Step 3: Create a mental image of the final curve
Finally, we can make a scatterplot with the fourth-degree polynomial model’s curve.
Goodness of Fit Test- Jarque-Bera Test in R » finnstats
make an x vs. y scatterplot
plot(df$x, df$y, pch=19, xlab='x', ylab='y')
define x-axis values
xaxis <- seq(1, 15, length=15)
lines(xaxis, predict(fit4, data.frame(x=xaxis)), col=’blue’)
The summary() method can also be used to obtain the equation for this line.
summary(fit4)
Call:
lm(formula = y ~ poly(x, 4, raw = TRUE), data = df)

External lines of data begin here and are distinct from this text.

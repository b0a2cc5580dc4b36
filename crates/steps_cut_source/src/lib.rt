//! A specification beside several logs, as what gives the steps of a search over cuts of the logs.
#![tactic(auto)]

mod assuming;
mod entry;
mod lines;
mod listing;
mod placing;
mod steps;

pub use entry::Entry;
pub use steps::{CutSteps, small_law};
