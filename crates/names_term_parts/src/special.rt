//! The terms that have something of their own beside their parts.

ghost use Rattle.names_terms.specs.TermViews.{node_view};
ghost use Rattle.names_term_parts.specs.Special.{IsSpecial};

use names_terms::{DefIds, TermNode, Terms};

/// The terms that are read in a way of their own: a slot, a use of a definition, and a LET.
pub enum Special<'a> {
    Slot(usize),
    Use(usize, &'a Terms),
    Let(&'a DefIds),
    Other,
}

pub fn special_of(node: &TermNode) -> Special<'_>
    ensures { IsSpecial (node_view node.now) result }
{
    match node {
        TermNode::Slot(slot) => Special::Slot(*slot),
        TermNode::Use(number, terms) => Special::Use(number.0, terms),
        TermNode::Scoped(numbers, _) => Special::Let(numbers),
        TermNode::Known(_) => Special::Other,
        TermNode::Named(_) => Special::Other,
        TermNode::Variable(_) => Special::Other,
        TermNode::Standard(_, _) => Special::Other,
        TermNode::Parenthesized(_) => Special::Other,
        TermNode::All(_) => Special::Other,
        TermNode::Any(_) => Special::Other,
        TermNode::Prefix(_, _) => Special::Other,
        TermNode::Infix(_, _, _) => Special::Other,
        TermNode::Postfix(_, _, _) => Special::Other,
        TermNode::SetOf(_) => Special::Other,
        TermNode::Filter(_, _) => Special::Other,
        TermNode::Map(_, _) => Special::Other,
        TermNode::Tuple(_) => Special::Other,
        TermNode::Function(_, _) => Special::Other,
        TermNode::FunctionSet(_, _) => Special::Other,
        TermNode::Record(_) => Special::Other,
        TermNode::RecordSet(_) => Special::Other,
        TermNode::Except(_, _) => Special::Other,
        TermNode::Quantified(_, _, _) => Special::Other,
        TermNode::Choose(_, _) => Special::Other,
        TermNode::If(_, _, _) => Special::Other,
        TermNode::Case(_, None) => Special::Other,
        TermNode::Case(_, Some(_)) => Special::Other,
        TermNode::BoxAction(_, _) => Special::Other,
        TermNode::AngleAction(_, _) => Special::Other,
        TermNode::Fairness(_, _) => Special::Other,
    }
}
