//! Where the lines stand that may be taken at a cut.

ghost use Rattle.std.specs.Prelude.{◌≡◌, ◌<◌, length};
ghost use Rattle.steps_lines_defs.specs.Logs.{place_of_line};
ghost use Rattle.base_cuts.specs.Cuts.{next, total};
ghost use Rattle.base_cuts.specs.Orders.{IsCut, sizes};
ghost use Rattle.logs_tied.specs.Lines.{AreTied};
ghost use Rattle.steps_tied.specs.Tied.{IsFirstReady, line_at, moved};

use base_core::LineAt;
use base_cuts::Cut;
use logs_tied::Logs;

/// Where the first log's line stands among those that are ready at the cut.
pub(crate) fn first_ready_at(logs: &Logs, cut: &Cut) -> LineAt
    requires tied { AreTied logs.now }
    requires cut { IsCut logs.now.order cut.now }
    requires left { total cut.now < total (sizes logs.now.order) }
    ensures { IsFirstReady logs.now.files.items logs.now.order cut.now result }
{
    let file = logs.first_ready(cut);
    match logs.ready_line(cut, file) {
        Some(line) => line.at,
        None => unreachable!(),
    }
}

/// Where the line stands that is taken from the one cut to the other.
pub(crate) fn taken_at(logs: &Logs, from: &Cut, to: &Cut) -> LineAt
    requires from { length from.now ≡ length logs.now.files.items }
    requires to { length to.now ≡ length logs.now.files.items }
    ensures { result ≡ place_of_line (line_at logs.now.files.items (next from.now (moved from.now to.now))) }
{
    let file = moved_file(logs.files.len(), from, to);
    match logs.next_line(from, file) {
        Some(line) => line.at,
        None => LineAt { file: 0, line: 0 },
    }
}

/// The first log of which the cuts, of so many logs, take different numbers of lines.
fn moved_file(files: usize, from: &Cut, to: &Cut) -> usize
    requires from { length from.now ≡ files }
    requires to { length to.now ≡ files }
    ensures { result ≡ moved from.now to.now }
{
    for file in 0..files {
        if from.taken(file) != to.taken(file) {
            return file;
        }
    }
    files
}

Residuals: Min 1Q Median 3Q Max -8.848 -1.974 0.902 2.599 6.836 Coefficients: Estimate Std. Error t value Pr(>|t|) (Intercept) -18.717949 10.779889 -1.736 0.1131 poly(x, 4, raw = TRUE)1 24.131130 8.679703 2.780 0.0194 * poly(x, 4, raw = TRUE)2 -4.832890 2.109754 -2.291 0.0450 * poly(x, 4, raw = TRUE)3 0.354756 0.195173 1.818 0.0992 . poly(x, 4, raw = TRUE)4 -0.008147 0.006060 -1.344 0.2085 --- Signif. codes: 0 ‘***’ 0.001 ‘**’ 0.01 ‘*’ 0.05 ‘.’ 0.1 ‘ ’ 1 Residual standard error: 5.283 on 10 degrees of freedom Multiple R-squared: 0.8116, Adjusted R-squared: 0.7362 F-statistic: 10.77 on 4 and 10 DF, p-value: 0.0012
Based on the predictor variables in the model, we can use the above summary to forecast the value of the response variable.